**Task description:** Set down, please, exactly the lines below that run from the line with "show the clause." to the line with "pub(crate) fn has_pair(clause: &[Lit])", both lines included.

Stored data entries:

::::::

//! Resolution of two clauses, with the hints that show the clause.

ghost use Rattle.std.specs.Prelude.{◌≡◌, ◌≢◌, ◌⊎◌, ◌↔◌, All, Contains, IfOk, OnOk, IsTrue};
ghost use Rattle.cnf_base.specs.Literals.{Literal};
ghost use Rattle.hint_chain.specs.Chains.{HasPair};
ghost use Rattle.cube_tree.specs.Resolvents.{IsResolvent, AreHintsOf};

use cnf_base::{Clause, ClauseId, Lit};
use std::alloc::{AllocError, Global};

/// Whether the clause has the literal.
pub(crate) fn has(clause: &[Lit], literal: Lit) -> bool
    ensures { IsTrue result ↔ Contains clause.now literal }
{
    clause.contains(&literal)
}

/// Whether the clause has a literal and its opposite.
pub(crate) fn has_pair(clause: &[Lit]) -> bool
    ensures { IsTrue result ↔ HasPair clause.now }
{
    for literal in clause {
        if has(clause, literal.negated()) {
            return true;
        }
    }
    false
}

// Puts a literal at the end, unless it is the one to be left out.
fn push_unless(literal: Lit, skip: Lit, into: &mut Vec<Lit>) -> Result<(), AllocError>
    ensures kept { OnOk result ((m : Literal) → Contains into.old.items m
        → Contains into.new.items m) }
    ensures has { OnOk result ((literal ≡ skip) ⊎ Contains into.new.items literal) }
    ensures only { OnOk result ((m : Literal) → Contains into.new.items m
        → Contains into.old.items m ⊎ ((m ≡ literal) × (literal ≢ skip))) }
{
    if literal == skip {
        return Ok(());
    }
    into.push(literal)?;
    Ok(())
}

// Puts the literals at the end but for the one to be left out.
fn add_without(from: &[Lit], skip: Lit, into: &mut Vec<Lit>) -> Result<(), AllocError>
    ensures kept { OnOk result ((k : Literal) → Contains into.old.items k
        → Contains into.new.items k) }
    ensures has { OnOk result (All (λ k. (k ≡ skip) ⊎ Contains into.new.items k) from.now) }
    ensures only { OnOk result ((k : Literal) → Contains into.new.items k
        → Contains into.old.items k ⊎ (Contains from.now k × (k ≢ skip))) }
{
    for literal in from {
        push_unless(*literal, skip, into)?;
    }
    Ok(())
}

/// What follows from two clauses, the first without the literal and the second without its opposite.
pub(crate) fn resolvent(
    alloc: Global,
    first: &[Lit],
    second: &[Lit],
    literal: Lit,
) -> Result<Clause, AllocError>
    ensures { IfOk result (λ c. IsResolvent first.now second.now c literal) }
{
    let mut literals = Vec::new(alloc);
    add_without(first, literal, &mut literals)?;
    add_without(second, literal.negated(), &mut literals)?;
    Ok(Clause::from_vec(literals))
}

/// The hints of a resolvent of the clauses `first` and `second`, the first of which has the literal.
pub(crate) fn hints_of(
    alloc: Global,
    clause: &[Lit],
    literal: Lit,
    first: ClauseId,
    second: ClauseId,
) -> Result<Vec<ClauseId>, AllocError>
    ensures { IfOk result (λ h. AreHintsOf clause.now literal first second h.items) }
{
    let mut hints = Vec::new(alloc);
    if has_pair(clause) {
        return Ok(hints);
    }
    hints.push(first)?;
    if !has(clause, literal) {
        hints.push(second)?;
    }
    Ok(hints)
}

::::::

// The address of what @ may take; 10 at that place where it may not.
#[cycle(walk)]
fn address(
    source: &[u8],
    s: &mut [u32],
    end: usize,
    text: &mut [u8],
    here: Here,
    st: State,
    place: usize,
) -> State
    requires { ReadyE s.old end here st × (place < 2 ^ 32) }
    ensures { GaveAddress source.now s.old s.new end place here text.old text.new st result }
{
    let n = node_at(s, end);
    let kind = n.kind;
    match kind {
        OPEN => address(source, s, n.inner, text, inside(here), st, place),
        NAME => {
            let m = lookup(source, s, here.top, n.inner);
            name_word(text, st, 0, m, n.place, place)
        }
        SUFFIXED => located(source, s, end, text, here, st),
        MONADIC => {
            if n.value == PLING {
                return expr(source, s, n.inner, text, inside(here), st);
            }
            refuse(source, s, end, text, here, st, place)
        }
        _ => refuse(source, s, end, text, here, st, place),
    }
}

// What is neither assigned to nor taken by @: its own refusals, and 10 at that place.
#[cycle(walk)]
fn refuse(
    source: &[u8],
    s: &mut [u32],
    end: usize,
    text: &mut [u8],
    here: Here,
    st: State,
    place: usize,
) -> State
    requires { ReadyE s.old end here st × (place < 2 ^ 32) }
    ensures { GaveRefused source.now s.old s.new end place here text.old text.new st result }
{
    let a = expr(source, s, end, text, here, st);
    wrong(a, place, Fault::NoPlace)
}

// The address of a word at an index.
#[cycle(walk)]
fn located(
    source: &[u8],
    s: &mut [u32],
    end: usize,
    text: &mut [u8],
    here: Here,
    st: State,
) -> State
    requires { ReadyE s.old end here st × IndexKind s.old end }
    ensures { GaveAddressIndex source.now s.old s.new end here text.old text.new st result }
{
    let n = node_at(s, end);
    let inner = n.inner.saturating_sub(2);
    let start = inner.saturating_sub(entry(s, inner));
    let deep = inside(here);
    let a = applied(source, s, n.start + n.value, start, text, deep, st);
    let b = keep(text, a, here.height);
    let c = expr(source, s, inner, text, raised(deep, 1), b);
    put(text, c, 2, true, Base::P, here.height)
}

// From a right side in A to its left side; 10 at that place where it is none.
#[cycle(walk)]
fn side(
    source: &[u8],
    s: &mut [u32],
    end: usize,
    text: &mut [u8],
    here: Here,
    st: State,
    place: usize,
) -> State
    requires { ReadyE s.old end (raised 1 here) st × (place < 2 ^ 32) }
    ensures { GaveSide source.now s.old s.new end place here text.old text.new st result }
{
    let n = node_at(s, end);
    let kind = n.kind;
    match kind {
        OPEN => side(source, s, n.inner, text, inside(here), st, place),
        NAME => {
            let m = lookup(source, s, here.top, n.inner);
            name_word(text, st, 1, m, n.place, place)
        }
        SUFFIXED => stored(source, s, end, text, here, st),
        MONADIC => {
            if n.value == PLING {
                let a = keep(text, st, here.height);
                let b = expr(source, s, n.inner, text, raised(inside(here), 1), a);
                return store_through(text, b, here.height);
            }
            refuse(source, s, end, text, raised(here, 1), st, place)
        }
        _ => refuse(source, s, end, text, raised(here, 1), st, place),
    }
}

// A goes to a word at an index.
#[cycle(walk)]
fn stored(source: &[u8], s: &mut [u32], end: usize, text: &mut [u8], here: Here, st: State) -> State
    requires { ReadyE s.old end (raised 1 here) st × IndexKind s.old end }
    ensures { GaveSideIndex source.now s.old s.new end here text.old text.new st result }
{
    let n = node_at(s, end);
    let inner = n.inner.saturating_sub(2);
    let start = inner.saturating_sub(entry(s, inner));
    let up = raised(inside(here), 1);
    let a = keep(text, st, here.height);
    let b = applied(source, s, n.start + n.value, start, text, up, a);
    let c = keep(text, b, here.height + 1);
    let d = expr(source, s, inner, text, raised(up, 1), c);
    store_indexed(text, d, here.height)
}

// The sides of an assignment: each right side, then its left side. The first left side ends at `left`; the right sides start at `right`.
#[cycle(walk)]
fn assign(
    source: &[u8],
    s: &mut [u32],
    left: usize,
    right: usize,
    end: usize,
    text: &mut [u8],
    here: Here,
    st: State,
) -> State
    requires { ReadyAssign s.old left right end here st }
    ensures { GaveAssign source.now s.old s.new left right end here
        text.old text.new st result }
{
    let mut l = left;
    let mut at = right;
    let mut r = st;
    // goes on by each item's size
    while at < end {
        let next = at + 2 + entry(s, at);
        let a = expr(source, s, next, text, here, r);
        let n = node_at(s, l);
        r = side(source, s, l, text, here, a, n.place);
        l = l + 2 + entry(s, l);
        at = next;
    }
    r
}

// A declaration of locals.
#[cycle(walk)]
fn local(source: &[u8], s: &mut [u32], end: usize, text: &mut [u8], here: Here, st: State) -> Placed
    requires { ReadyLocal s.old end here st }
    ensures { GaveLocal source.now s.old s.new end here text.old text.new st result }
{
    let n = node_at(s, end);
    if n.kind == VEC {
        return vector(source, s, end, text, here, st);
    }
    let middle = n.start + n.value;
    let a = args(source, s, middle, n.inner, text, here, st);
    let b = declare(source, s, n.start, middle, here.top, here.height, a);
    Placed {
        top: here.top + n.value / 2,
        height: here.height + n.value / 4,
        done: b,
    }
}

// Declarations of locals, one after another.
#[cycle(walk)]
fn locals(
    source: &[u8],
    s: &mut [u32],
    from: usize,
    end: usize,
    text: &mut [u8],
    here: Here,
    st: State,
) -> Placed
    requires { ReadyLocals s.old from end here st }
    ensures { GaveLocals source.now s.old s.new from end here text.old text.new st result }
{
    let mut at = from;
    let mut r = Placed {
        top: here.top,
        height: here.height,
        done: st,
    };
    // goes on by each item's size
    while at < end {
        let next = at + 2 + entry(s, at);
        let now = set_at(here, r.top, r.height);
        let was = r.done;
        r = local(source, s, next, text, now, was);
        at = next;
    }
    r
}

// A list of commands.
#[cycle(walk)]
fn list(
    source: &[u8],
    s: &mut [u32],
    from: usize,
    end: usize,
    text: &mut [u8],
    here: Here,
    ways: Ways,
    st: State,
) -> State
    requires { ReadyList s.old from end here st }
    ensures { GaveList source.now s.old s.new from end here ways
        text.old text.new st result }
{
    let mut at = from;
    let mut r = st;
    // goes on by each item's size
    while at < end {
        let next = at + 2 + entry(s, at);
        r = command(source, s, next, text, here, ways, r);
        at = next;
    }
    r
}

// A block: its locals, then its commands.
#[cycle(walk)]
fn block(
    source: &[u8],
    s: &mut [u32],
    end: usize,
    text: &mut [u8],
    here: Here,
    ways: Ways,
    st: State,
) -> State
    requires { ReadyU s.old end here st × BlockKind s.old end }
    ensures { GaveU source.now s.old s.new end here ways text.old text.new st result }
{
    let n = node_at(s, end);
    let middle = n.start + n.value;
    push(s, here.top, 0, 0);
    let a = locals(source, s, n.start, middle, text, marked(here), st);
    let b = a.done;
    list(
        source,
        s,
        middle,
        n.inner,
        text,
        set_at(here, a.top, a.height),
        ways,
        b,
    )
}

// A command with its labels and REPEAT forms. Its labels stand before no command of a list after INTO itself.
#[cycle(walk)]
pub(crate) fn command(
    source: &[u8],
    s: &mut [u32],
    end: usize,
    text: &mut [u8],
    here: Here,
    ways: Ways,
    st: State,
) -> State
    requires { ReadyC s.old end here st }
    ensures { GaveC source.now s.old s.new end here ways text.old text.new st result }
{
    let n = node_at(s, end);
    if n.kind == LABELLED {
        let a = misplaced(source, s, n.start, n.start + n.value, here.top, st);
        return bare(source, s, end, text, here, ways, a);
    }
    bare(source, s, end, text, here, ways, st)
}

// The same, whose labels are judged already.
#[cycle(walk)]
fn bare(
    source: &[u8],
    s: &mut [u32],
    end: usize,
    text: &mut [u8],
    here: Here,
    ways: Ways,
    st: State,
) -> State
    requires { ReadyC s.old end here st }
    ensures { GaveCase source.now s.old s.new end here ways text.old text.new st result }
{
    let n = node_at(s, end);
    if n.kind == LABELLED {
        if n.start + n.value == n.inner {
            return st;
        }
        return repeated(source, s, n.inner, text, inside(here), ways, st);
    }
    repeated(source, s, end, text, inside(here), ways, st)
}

::::::

**Exercise result:**
//! Resolution of two clauses, with the hints that show the clause.

ghost use Rattle.std.specs.Prelude.{◌≡◌, ◌≢◌, ◌⊎◌, ◌↔◌, All, Contains, IfOk, OnOk, IsTrue};
ghost use Rattle.cnf_base.specs.Literals.{Literal};
ghost use Rattle.hint_chain.specs.Chains.{HasPair};
ghost use Rattle.cube_tree.specs.Resolvents.{IsResolvent, AreHintsOf};

use cnf_base::{Clause, ClauseId, Lit};
use std::alloc::{AllocError, Global};

/// Whether the clause has the literal.
pub(crate) fn has(clause: &[Lit], literal: Lit) -> bool
    ensures { IsTrue result ↔ Contains clause.now literal }
{
    clause.contains(&literal)
}

/// Whether the clause has a literal and its opposite.
pub(crate) fn has_pair(clause: &[Lit]) -> bool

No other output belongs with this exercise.